The user can then easily access the several elements (here the different MIME types), as well as their parameters (here their optional relative quality factors).

web:parse-basic-auth($header as xs:string) as element(web:basic-auth)

This function parses the value of a Basic Access Authentication header, as defined in . It returns it in the form of the following element:

<basic-auth username = string password = string> empty </basic-auth>

The value of the header is "Basic abc" where abc is "user:password" encoded using base64.

Webapp management

This section documents an optional feature: a set of functions to manage webapps (deploy a new webapp, remove a deployed webapp, configure a webapp, list all the deployed webapps in a web container, etc.)

TODO: ...

Repository

This section documents an optional feature: the format of an on-disk repository. It builds on the repository format from the packaging specification, by adding web-specific features.

TODO: ...

<webapps> <webapp root="myapp"> <package name="http://example.org/my/webapp"/> </webapp> <webapp root="catalog"> <package name="http://example.com/catalog-project/application"/> </webapp> ... </webapps>
Webapp schema References Packaging System. Florent Georges, editor. EXPath. 9 May 2012. RFC 2616: Hypertext Transfer Protocol -- HTTP/1.1. R. Fielding, J. Gettys, J. Mogul, H. Frystyk, L. Masinter, P. Leach and T. Berners-Lee, editors. Internet Engineering Task Force. June, 1999. RFC 2617: HTTP Authentication: Basic and Digest Access Authentication. J. Franks, P. Hallam-Baker, J. Hostetler, S. Lawrence, P. Leach, A. Luotonen and L. Stewart, editors. Internet Engineering Task Force. June, 1999. RFC 3023: XML Media Types. M. Murata, S. St. Laurent and D. Kohn, editors. Internet Engineering Task Force. January, 2001. XML Schema Part 2: Datatypes Second Edition. P. Viron and A. Malhotra, editors. W3C. October, 2013. XQuery 3.0: An XML Query Language. J. Robie, D. Chamberlin, M. Dyck and J. Snelson, editors. W3C. XXX, 2013. (TODO: Update the publication date once XQuery 3.0 has been published) TODO list

Definition: define the name accessor, to use when I use "URL" as "URL relatively to the context root", for instance for matching against patterns. And use it consistently across the spec.

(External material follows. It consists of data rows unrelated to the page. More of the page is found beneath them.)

//! Requests that are met in turn.
ghost use Rattle.std.specs.Prelude.{◌≡◌, ◌<◌, suc, length, nat_lt};
ghost use Rattle.std.specs.List.{prefix_len};
ghost use Rattle.std.specs.List.Sorted.{IsStrictlyIncreasing};
ghost use Rattle.mx_board.specs.RequestFile.{is_wanted};
ghost use Rattle.mx_report.specs.Cursor.{next_at, IsAt};

/// A cycle that never comes, since cycles are numbers of 32 bits.
pub const NEVER: u64 = 1 << 32;

/// A place in a list of rising cycles: how many of the requests came so far, and the cycle of the next.
#[derive(Drop)]
pub struct Cursor {
    pub place: usize,
    pub next: u64,
}

// The cycle of the request at a place.
fn next_at(list: &[u32], place: usize) -> u64
    ensures { result ≡ next_at list.now place }
{
    match list.get(place) {
        Some(next) => u64::from(*next),
        None => NEVER,
    }
}

// How many requests stand in front that come before a cycle.
fn requests_before(list: &[u32], cycle: u32) -> usize
    ensures { result ≡ prefix_len (λ next. nat_lt next cycle) list.now }
{
    list.iter().take_while(|next| **next < cycle).count()
}

impl Cursor {
    /// Before the first cycle.
    pub fn start(list: &[u32]) -> Cursor
        ensures { IsAt list.now result 0 }
    {
        Cursor {
            place: 0,
            next: next_at(list, 0),
        }
    }

    /// Before a cycle: it has met the requests that come before it.
    pub fn at(list: &[u32], cycle: u32) -> Cursor
        requires ascending { IsStrictlyIncreasing list.now }
        ensures { IsAt list.now result cycle }
    {
        let place = requests_before(list, cycle);
        Cursor {
            place,
            next: next_at(list, place),
        }
    }

    // Goes behind the next request. Few cycles have one: a call of its own keeps the loop over all of them short.
    #[inline(never)]
    fn advance(&mut self, list: &[u32])
        requires { self.old.place < length list.now }
        ensures place { self.new.place ≡ suc self.old.place }
        ensures next { self.new.next ≡ next_at list.now self.new.place }
    {
        self.place += 1;
        self.next = next_at(list, self.place);
    }

    /// Whether a request comes in a cycle, where the cursor met those before it; then it has met this cycle's too.
    #[inline]
    pub fn comes(&mut self, list: &[u32], cycle: u32) -> bool
        requires ascending { IsStrictlyIncreasing list.now }
        requires before { IsAt list.now self.old cycle }
        ensures result { result ≡ is_wanted list.now cycle }
        ensures after { IsAt list.now self.new (suc cycle) }
    {
        if u64::from(cycle) != self.next {
            return false;
        }
        self.advance(list);
        true
    }
}
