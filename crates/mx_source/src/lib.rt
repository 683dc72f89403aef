//! Sources: what an assembler text reads as.
#![tactic(auto)]

mod group;
mod grouping;
mod laws;
mod mnemonic;
mod name;
mod print;
mod source;
mod statement;
mod text;

pub use laws::names_are_their_bytes;
pub use mnemonic::{branch_name, operation_name};
pub use mx_io::Memory;
pub use mx_isa::Place;
pub use name::Name;
pub use source::Source;
pub use statement::{Label, Statement, Value, Why};
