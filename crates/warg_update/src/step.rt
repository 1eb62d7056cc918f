//! The update of a registry's logs, request by request.

ghost use Rattle.std.specs.Prelude.{◌≡◌, ◌≢◌, ◌↔◌, ◌<◌, ◌+◌, ◌++◌, ◌∷◌, ◌⊎◌, [], Bool, List, Some, None, true, false, Err, IfOk, IfErr, IfSome, IfNone, IsSome, OnOk, OnErr, map};
ghost use Rattle.warg_log.specs.Rules.{Accepts};
ghost use Rattle.warg_exchange.specs.declared.exchange.Exchange.{Exchange};
ghost use Rattle.warg_exchange.specs.declared.exchange.Request.{Request as Sent};
ghost use Rattle.warg_exchange.specs.Requests.{Asker as Who};
ghost use Rattle.warg_request.specs.Asking.{asker_view, CanAsk};
ghost use Rattle.warg_api.specs.declared.client.Client.{Client as Asking};
ghost use Rattle.warg_api.specs.Asking.{asker};
ghost use Rattle.warg_update.specs.Proved.{Start, Asks, Proves};
ghost use Rattle.warg_page.specs.Steps.{id_of, HaveIds, AreGood, IsGoodOperator};
ghost use Rattle.warg_page.specs.IdFaults.{IsIdsFault};
ghost use Rattle.warg_page.specs.Views.{logs_view, AreSound};
ghost use Rattle.warg_update.specs.Standing.{pages_left as pages_left_of, hints_of, asker_of, start_of, request_at, IsAtLimit, IsProved, IsRefused, turns_left, HasSoundLogs, IsReady, Stands, KeepsOn, Advances, Counts};
ghost use Rattle.warg_update.specs.FeedFaults.{IsFeedFault, AsksDecision};
ghost use Rattle.warg_update.specs.declared.error.AskError.TheVariants.{RoundLimit as IsRoundLimit, BadHeader as IsBadHeader};
ghost use Rattle.warg_update.specs.declared.error.UpdateError.TheVariants.{NotAsked as IsNotAsked};
ghost use Rattle.warg_update.specs.declared.stage.Stage.TheVariants as at;

use crate::error::{AskError, UpdateError};
use crate::page::read_page;
use crate::settings::Settings;
use crate::showing::{show_continuation, show_heads, stage_after};
use crate::stage::Stage;
use crate::turn::turn_page;
use indexmap::IndexSet;
use std::alloc::Global;
use warg_api::{Client, read_checkpoint};
use warg_exchange::{
    Checkpoint, ConsistencyRequest, InclusionRequest, Reply, Request, SignedCheckpoint,
};
use warg_hash::LogId;
use warg_hint::{Decide, HintSettings};
use warg_info::{OperatorInfo, PackageInfo};
use warg_log::Verifier;
use warg_page::{IdsError, heads_of, log_ids, logs_behind};
use warg_request::Asker;
use warg_url::RegistryDomain;
use warg_values::Sequence;
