/// Whether that comes of a move.
fn comes_of<N: ApName, R: Wait>(
    rt: &R,
    alloc: Global,
    ap: &Ap<N>,
    caller: &mut Caller,
    transmitter: &mut Transmitter<N>,
    made: Move,
) -> Result<bool, Fail> {
    has_first(ap)?;
    match made {
        Move::Gives(given, outcomes) => is_answered(rt, alloc, ap, caller, given, outcomes),
        Move::Takes(given, number) => {
            let outcomes = [Outcome::Took(number), Outcome::NotHeard];
            is_answered(rt, alloc, ap, caller, given, outcomes)
        }
        Move::Pumps(count) => Ok(ap.pump(rt, 0) == count),
        Move::PumpsAt(place, count) => pumps_at(rt, ap, transmitter, place, count),
        Move::PumpsEach(count) => pumps_each(rt, ap, transmitter, count),
        Move::PumpsNone => Ok(pumps_none(rt, ap)),
        Move::Leaves(leaves, count) => {
            Ok(ap.leave(rt, transmitter)? == leaves && transmitter.left().len() == count)
        }
        Move::Shows(counts) => shows(rt, ap, counts),
        Move::ShowsEach => Ok(shows_each_at_its_place(rt, ap)),
        Move::WasTold(numbers) => Ok(was_told(caller, numbers)),
    }
}

/// The callers make the moves in turn.
pub(super) fn make_all<N: ApName, R: Wait + Abort>(
    rt: &R,
    alloc: Global,
    ap: &Ap<N>,
    callers: &mut [Caller],
    transmitter: &mut Transmitter<N>,
    moves: &[Move],
) -> Result<(), Fail> {
    let count = callers.len();
    if count == 0 {
        return Err(Fail::from("no caller"));
    }
    for (number, made) in moves.iter().enumerate() {
        let caller = callers.get_mut(number % count).ok_or("no caller")?;
        assert!(rt;
            comes_of(rt, alloc, ap, caller, transmitter, *made)?,
            "move {number}"
        );
    }
    Ok(())
}

/// Whether the first network sent these frames, and these left; and whether it took these numbers of events, counted
/// these beacon intervals, and left these events unread. No unit was lost, and none is kept.
fn are_sent(alloc: Global, end: &Finished, sent: &[&str], counts: [u32; 3]) -> Result<bool, Fail> {
    let section = section_at(&end.sections, 0)?;
    let [events, clock, unread] = counts;
    let counts = Counts {
        events,
        clock,
        unread,
        lost: 0,
        kept: 0,
    };
    Ok(
        section.counts == counts
            && are_frames(alloc, section.air.as_slice(), sent)?
            && have_left(alloc, end.left.as_slice(), sent)?,
    )
}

Definition: define the format of the several names (servlets, url matches, filters, chains, error handlers, etc.) And use it consistently across the spec. Or do we just use NCName all the time?

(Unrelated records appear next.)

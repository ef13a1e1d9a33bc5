//! What networks did under earlier versions of the configuration, and that they do so still (*profile*).
//!
//! One definition and one law to know first: `FirstVersion` says what a network of the first version does, once more and
//! by itself, and [`first_version`] that a network of today does the same if it has none of the options that came
//! later. That definition is never changed, since later versions are measured by it.
//!
//! Nothing here runs. What a network does is `network`'s, what a text of either version means `trace`'s.
#![tactic(auto)]

ghost use Rattle.std.specs.Prelude.{◌≡◌, true, false, List, length};
ghost use Rattle.ap_config.specs.declared.setting.Setting.{Setting};
ghost use Rattle.events.specs.declared.event.Event.{Event};
ghost use Rattle.network.specs.Network.{alone, table_of, counts_of};
ghost use Rattle.versions.specs.FirstVersion as first;
ghost use Rattle.versions.specs.Versions.{first_setting};

use network::nothing_ages;

/// If a network relays and no unit ages, its frames on the air and on the wire, its table and its counts are those
/// of a network of the first version, whose definition knows neither option (*profile*).
pub fn first_version()
    ensures air { (s : Setting) (es : List Event) → s.network.relay ≡ true → s.network.aging ≡ false
        → (alone s es).air ≡ (first.alone (first_setting s) es).air }
    ensures wire { (s : Setting) (es : List Event) → s.network.relay ≡ true → s.network.aging ≡ false
        → (alone s es).wire ≡ (first.alone (first_setting s) es).wire }
    ensures table { (s : Setting) (es : List Event) → s.network.relay ≡ true → s.network.aging ≡ false
        → table_of (alone s es) ≡ first.table_of (first.alone (first_setting s) es) }
    ensures counts { (s : Setting) (es : List Event) → s.network.relay ≡ true → s.network.aging ≡ false
        → counts_of (length es) (alone s es) ≡ first.counts_of (length es) (first.alone (first_setting s) es) }
{
    nothing_ages();
}
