// The 16-byte entry, held as two big-endian words.
#![tactic(auto)]

ghost use Rattle.std.specs.Prelude.{◌≡◌};
ghost use Rattle.entry.specs.Entry.{zero_entry, word_bytes, bytes_of, stretched, same, less, well_formed};

pub mod table; // table.rt: one entry a seat
pub mod hex; // hex.rt: its text in a line

// Bytes of an entry.
pub const SIZE: usize = 16;

#[derive(Clone, Copy, PartialEq, Eq, PartialOrd, Ord)]
pub struct Entry {
    pub hi: u64,
    pub lo: u64,
}

// Sixteen zero bytes, what an unused entry holds.
pub fn zero() -> Entry
    ensures { result ≡ zero_entry }
{
    Entry { hi: 0, lo: 0 }
}

// All 16 bytes, blanks included. `a == b` is the same (law `derived_same`), but ends at the first word that differs: with it the loops over
// rows, which compare several at once, took twice as long.
#[tactic(auto, using(crate::specs::Laws::same_words))]
pub fn same(a: Entry, b: Entry) -> bool
    ensures { result ≡ same a b }
{
    (a.hi == b.hi) & (a.lo == b.lo)
}

// Big-endian words, the higher one first, compare as their bytes do, left to right.
#[tactic(auto, using(crate::specs::Derived::derived_less))]
pub fn less(a: Entry, b: Entry) -> bool
    ensures { result ≡ less a b }
{
    a < b
}

// The highest byte first.
pub fn bytes_of(e: Entry) -> [u8; SIZE]
    ensures { result ≡ bytes_of e }
{
    let mut bytes = [0; SIZE];
    bytes[..8].copy_from_slice(&e.hi.to_be_bytes());
    bytes[8..].copy_from_slice(&e.lo.to_be_bytes());
    bytes
}

// The top bit of every byte of a word.
const TOPS: u64 = 0x8080808080808080;

// Whether the eight bytes of a word are visible ones, then blanks; all eight in each step. To the low seven bits of every byte
// 128 - x is added: no sum leaves its byte, and its top bit tells whether they are x or more. A visible byte stands behind another,
// or is the first.
#[tactic(auto, using(crate::proofs::Marks::stretches_is))]
fn stretches(w: u64) -> bool
    ensures { result ≡ stretched (word_bytes w) }
{
    let low = w & 0x7f7f7f7f7f7f7f7f;
    let seen = low + 0x5f5f5f5f5f5f5f5f;
    let shown = (low + 0x6060606060606060) & (((low + 0x101010101010101) | w) ^ TOPS);
    let behind = seen / 256 + 0x8000000000000000;
    shown & ((seen ^ TOPS) | behind) & TOPS == TOPS
}

// The first byte is no blank, so a visible one. The serial in two words, bytes 0 to 7 and bytes 4 to 11: each two neighbours stand in one
// of them.
#[tactic(auto, using(crate::proofs::Windows::middle_room, crate::proofs::Windows::both_windows))]
pub fn well_formed(e: Entry) -> bool
    ensures { result ≡ well_formed e }
{
    let middle = e.hi % 0x100000000 * 0x100000000 + e.lo / 0x100000000;
    (e.hi / 0x100000000000000 != 0x20) & (stretches(e.hi) & stretches(middle))
}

The filters mechanism is not satisfactory. It does not allow a filter to decide whether or not (and when) the wrapped component is called. The minimal use case to accomodate is an authentication filter returning a "401 Unauthorized" when the user is not connected, without actually calling the wrapped component at all). An idea could be to shortcut the component if the filter returns a valid response sequence (starting with an element web:response...)

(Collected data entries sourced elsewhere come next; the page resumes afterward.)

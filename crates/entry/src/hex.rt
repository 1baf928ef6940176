// The text of an entry: two hex digits a byte. Whoever reads or writes one never sees how wide an entry is.
ghost use Rattle.std.specs.Prelude.{◌≡◌};
ghost use Rattle.entry.specs.Hex.{entry_field, entry_text};
ghost use Rattle.text.specs.Put.{placed};

use crate::{Entry, SIZE};
use text::WORD;
use text::digits::hex;
use text::put::{has_room, put_hex};

// Digits of an entry.
pub const DIGITS: usize = 2 * SIZE;

// The entry that a field holds: two words of digits.
pub fn read_entry(t: &[u8]) -> Option<Entry>
    ensures { result ≡ entry_field t.now }
{
    let (hi, lo) = t.split_at_checked(WORD)?;
    Some(Entry {
        hi: hex(hi)?,
        lo: hex(lo)?,
    })
}

// The digits from `at` on; none of them where they have no room.
#[tactic(auto, using(crate::proofs::HexText::no_room, crate::proofs::HexText::put_words))]
pub fn put_text(s: &mut [u8], at: usize, e: Entry)
    ensures { s.new ≡ placed s.old at (entry_text e) }
{
    if !has_room(s, at, DIGITS) {
        return;
    }
    put_hex(s, at, e.hi);
    put_hex(s, at + WORD, e.lo);
}
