// A table of 64 entries, one a seat, as one array of words: whoever keeps entries by seat never sees how wide an entry is.
ghost use Rattle.std.specs.Prelude.{◌≡◌, replicate};
ghost use Rattle.entry.specs.Table.{table_words, entry_at, with_entry};

use crate::{Entry, zero};

// Seats of a table, and the words that they take.
pub const SEATS: usize = 64;

const WORDS: usize = 2 * SEATS;

// Words, and not `[Entry; 64]`: C keeps a table as `uint64_t [128]` and lends it as it is (`ack_entries`, `vote_entries`).
pub type Entries = [u64; WORDS];

pub fn no_entries() -> Entries
    ensures { result ≡ replicate table_words 0 }
{
    [0; WORDS]
}

#[tactic(auto, unfolding(crate::specs::Table::entry_at))]
pub fn entry_at(t: &Entries, k: usize) -> Entry
    ensures { result ≡ entry_at t.now k }
{
    if k < SEATS {
        Entry {
            hi: t[2 * k],
            lo: t[2 * k + 1],
        }
    } else {
        zero()
    }
}

#[tactic(auto, unfolding(crate::specs::Table::with_entry))]
pub fn put_entry(t: &mut Entries, k: usize, e: Entry)
    ensures { t.new ≡ with_entry t.old k e }
{
    if k < SEATS {
        t[2 * k] = e.hi;
        t[2 * k + 1] = e.lo;
    }
}
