//! Tests of what leads from lines to tables: headers (`uni_schema`), tables (`uni_table`), commands
//! (`packed_command`), lines of a feed (`feed_reader`) and scripts (`script_rounds`).
#![tactic(auto)]

#[cfg(test)]
mod tests;
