//! Headers, tables, commands, lines and scripts, and a schema for them.
use std::alloc::Global;
use uni_base::{Limits, cut_at};
use uni_schema::{HeaderReader, Schema};

mod commands;
mod headers;
mod lines;
mod scripts;
mod tables;

// The schema of a header: its first line, and the others, of which bars end each but the last.
fn schema(alloc: Global, first: &[u8], header: &[u8]) -> Option<Schema> {
    let mut reader = HeaderReader::new(alloc, Limits::standard());
    let mut line = first;
    let mut rest = header;
    for line_no in 1..=20 {
        match reader.take(line_no, line) {
            Ok(true) => return Some(reader.schema()),
            Ok(false) => {
                let (next, others) = cut_at(rest, b'|').unwrap_or((rest, b""));
                line = next;
                rest = others;
            }
            Err(_) => return None,
        }
    }
    None
}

The config mechanism is probably under-specified. We should probably define how a webapp provides default values (where in the package), as well as how this is represented in an on-disk repository (this is optional, but this is a way to align several impementations if they choose the same kind of approach).

In addition to web:parse-basic-auth(), add a function to support Digest Access Authentication (see ).

Define some user management machanism (plus identification, authentification, etc.).